» What to work on:
Line by line, copy out the data that follows.

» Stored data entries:

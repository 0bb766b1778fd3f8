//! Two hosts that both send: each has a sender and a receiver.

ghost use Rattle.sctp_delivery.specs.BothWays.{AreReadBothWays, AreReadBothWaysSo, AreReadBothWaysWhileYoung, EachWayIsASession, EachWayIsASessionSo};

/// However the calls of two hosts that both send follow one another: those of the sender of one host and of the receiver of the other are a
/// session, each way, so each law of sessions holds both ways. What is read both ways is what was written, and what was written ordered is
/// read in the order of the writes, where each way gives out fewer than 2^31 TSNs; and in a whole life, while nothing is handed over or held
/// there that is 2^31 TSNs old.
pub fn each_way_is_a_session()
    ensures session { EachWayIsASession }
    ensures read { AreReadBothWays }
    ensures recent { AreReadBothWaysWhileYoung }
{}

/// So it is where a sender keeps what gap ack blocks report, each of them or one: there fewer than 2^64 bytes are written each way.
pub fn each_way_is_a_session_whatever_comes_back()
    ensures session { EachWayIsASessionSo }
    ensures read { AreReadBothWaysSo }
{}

» Answer:
repository 0bb766b1778fd3f8
//! Two hosts that both send: each has a sender and a receiver.

ghost use Rattle.sctp_delivery.specs.BothWays.{AreReadBothWays, AreReadBothWaysSo, AreReadBothWaysWhileYoung, EachWayIsASession, EachWayIsASessionSo};

/// However the calls of two hosts that both send follow one another: those of the sender of one host and of the receiver of the other are a
/// session, each way, so each law of sessions holds both ways. What is read both ways is what was written, and what was written ordered is
/// read in the order of the writes, where each way gives out fewer than 2^31 TSNs; and in a whole life, while nothing is handed over or held
/// there that is 2^31 TSNs old.
pub fn each_way_is_a_session()
    ensures session { EachWayIsASession }
    ensures read { AreReadBothWays }
    ensures recent { AreReadBothWaysWhileYoung }
{}

/// So it is where a sender keeps what gap ack blocks report, each of them or one: there fewer than 2^64 bytes are written each way.
pub fn each_way_is_a_session_whatever_comes_back()
    ensures session { EachWayIsASessionSo }
    ensures read { AreReadBothWaysSo }
{}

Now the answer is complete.